» **Stored items**

####################

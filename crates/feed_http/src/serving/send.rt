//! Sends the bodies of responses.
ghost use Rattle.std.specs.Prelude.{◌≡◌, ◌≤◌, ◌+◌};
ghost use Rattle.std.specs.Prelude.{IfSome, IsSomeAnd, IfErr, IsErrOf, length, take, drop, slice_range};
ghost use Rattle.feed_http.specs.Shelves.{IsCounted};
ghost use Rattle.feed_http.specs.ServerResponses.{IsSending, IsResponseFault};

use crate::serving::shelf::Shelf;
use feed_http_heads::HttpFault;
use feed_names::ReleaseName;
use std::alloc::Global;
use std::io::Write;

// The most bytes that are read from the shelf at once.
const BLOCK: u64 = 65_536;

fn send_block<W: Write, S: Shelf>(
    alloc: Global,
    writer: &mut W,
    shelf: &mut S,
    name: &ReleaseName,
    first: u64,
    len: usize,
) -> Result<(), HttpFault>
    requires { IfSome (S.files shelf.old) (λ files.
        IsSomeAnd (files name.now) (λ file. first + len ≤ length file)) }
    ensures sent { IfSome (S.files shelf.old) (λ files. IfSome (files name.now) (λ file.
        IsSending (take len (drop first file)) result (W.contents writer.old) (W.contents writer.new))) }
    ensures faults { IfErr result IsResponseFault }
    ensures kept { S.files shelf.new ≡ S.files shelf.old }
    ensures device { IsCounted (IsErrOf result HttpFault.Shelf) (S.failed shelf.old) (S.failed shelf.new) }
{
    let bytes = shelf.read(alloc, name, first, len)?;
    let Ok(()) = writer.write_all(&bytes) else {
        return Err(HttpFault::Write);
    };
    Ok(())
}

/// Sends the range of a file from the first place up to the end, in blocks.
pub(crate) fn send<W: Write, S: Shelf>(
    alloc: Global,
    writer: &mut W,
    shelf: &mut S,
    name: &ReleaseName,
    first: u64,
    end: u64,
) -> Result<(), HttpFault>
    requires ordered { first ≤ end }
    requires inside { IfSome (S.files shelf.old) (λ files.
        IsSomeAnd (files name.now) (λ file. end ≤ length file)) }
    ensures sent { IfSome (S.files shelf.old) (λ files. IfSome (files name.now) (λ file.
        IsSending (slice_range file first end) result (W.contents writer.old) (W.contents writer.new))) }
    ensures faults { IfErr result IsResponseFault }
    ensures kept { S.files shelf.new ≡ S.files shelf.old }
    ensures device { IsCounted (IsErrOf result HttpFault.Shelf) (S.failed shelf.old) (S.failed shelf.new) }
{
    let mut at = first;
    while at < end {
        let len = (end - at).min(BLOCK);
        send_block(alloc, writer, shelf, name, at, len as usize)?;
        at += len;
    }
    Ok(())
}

####################

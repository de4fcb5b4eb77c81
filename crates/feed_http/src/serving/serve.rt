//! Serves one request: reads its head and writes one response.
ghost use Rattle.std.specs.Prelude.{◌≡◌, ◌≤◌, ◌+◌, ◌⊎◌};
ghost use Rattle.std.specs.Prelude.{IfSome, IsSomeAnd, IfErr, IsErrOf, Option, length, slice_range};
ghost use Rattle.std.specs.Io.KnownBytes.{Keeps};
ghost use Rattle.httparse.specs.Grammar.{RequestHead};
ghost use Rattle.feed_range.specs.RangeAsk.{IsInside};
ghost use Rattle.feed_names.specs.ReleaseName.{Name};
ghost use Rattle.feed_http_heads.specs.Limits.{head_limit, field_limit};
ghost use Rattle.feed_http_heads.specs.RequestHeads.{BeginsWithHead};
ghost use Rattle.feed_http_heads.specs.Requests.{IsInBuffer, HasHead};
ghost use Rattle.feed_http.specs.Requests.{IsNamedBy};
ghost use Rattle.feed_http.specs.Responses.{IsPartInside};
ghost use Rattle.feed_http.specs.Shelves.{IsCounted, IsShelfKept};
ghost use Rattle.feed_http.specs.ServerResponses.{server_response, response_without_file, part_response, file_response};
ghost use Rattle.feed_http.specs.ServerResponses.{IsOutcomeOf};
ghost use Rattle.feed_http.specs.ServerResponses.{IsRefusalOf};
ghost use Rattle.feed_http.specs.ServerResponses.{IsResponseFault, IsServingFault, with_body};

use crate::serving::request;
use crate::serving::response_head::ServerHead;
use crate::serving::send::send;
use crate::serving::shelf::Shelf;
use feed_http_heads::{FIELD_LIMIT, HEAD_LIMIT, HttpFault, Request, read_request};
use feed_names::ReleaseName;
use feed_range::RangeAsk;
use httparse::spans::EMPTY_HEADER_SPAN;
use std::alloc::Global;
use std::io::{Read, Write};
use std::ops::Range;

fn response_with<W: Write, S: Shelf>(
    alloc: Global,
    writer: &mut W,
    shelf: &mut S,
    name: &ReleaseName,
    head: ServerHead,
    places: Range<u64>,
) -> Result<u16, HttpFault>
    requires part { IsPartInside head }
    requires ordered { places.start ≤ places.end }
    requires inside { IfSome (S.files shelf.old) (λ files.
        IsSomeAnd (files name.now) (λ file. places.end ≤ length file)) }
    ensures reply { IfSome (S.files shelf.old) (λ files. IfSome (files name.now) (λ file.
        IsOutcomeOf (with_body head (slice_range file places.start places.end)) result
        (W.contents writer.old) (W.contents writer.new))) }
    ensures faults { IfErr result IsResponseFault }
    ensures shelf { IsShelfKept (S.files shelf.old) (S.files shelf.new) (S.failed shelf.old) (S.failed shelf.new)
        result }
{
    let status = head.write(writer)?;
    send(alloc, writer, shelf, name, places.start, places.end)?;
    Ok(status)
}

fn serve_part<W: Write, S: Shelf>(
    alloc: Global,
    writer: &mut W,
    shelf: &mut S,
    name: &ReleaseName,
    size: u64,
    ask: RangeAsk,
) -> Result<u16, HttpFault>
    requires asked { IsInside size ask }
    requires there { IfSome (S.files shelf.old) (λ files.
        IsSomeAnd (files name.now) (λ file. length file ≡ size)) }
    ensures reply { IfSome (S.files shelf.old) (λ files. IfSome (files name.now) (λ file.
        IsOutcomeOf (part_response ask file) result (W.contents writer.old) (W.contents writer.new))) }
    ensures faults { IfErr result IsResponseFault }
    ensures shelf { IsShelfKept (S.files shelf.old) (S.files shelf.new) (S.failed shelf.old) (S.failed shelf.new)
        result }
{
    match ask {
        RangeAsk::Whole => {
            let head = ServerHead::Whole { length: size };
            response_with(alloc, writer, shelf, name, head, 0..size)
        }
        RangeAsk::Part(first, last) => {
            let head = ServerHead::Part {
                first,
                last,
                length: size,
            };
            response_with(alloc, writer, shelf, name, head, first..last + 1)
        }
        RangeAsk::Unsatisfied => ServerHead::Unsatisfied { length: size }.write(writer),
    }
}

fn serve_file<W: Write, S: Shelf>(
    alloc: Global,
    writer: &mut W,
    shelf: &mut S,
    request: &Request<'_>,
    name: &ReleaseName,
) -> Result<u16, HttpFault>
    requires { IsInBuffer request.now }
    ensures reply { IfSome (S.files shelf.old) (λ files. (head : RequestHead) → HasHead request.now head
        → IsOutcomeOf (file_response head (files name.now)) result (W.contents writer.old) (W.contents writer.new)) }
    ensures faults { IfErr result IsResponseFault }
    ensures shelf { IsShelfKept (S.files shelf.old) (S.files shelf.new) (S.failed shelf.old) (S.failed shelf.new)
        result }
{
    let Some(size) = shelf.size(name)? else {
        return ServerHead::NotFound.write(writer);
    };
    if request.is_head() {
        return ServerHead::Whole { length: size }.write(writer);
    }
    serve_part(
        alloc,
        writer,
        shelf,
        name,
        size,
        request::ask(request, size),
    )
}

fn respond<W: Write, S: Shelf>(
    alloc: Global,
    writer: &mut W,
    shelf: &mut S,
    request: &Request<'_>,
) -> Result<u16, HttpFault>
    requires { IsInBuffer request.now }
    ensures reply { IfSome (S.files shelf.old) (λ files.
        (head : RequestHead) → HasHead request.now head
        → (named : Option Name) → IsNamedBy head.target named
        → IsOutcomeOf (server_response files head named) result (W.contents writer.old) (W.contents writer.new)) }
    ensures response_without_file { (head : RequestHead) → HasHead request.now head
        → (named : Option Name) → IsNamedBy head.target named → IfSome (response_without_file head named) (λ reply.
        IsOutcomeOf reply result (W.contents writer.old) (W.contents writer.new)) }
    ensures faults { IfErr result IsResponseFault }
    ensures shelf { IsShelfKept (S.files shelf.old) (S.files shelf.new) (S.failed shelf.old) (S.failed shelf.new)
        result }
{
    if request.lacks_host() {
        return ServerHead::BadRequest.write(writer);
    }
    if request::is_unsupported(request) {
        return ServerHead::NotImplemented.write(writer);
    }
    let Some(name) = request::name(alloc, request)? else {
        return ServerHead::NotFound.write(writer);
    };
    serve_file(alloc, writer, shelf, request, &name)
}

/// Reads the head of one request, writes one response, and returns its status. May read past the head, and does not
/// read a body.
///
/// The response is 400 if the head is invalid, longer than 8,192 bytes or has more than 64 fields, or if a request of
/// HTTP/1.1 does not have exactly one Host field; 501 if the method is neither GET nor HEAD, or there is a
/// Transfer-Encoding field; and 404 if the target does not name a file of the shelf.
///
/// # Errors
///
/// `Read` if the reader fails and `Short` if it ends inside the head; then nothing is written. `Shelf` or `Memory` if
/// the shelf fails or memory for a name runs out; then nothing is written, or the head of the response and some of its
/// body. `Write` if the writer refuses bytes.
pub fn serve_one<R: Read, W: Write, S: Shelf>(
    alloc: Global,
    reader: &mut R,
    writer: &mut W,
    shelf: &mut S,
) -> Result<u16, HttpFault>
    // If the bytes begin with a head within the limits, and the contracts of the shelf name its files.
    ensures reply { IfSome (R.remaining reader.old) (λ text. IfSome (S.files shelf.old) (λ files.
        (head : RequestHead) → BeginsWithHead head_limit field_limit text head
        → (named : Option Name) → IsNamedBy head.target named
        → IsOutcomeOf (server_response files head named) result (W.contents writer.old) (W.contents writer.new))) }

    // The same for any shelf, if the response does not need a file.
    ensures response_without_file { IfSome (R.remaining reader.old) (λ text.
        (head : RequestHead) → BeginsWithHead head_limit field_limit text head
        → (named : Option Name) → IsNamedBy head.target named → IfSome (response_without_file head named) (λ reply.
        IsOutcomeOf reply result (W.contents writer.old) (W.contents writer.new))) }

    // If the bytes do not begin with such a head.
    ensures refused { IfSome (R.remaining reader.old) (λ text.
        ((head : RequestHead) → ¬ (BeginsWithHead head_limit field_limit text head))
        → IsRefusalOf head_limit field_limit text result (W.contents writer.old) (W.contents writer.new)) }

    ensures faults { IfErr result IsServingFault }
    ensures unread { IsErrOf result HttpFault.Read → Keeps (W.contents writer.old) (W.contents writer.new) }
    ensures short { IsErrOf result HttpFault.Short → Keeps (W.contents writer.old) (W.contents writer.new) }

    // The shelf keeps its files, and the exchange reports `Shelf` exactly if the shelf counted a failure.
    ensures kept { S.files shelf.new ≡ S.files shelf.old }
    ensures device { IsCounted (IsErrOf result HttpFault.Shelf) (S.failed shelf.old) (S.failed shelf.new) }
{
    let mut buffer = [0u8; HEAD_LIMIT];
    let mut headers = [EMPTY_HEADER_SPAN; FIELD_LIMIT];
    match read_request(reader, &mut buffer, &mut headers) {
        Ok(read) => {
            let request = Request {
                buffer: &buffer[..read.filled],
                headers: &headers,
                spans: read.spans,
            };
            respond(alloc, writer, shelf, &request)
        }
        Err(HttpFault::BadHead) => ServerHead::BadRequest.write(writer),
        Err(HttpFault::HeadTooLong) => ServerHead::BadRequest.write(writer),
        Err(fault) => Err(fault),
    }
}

####################

» **REQUIRED ACTION**
Search the records for the word "spans", then list every line that has it.

» **ANSWER**
use httparse::spans::EMPTY_HEADER_SPAN;
                spans: read.spans,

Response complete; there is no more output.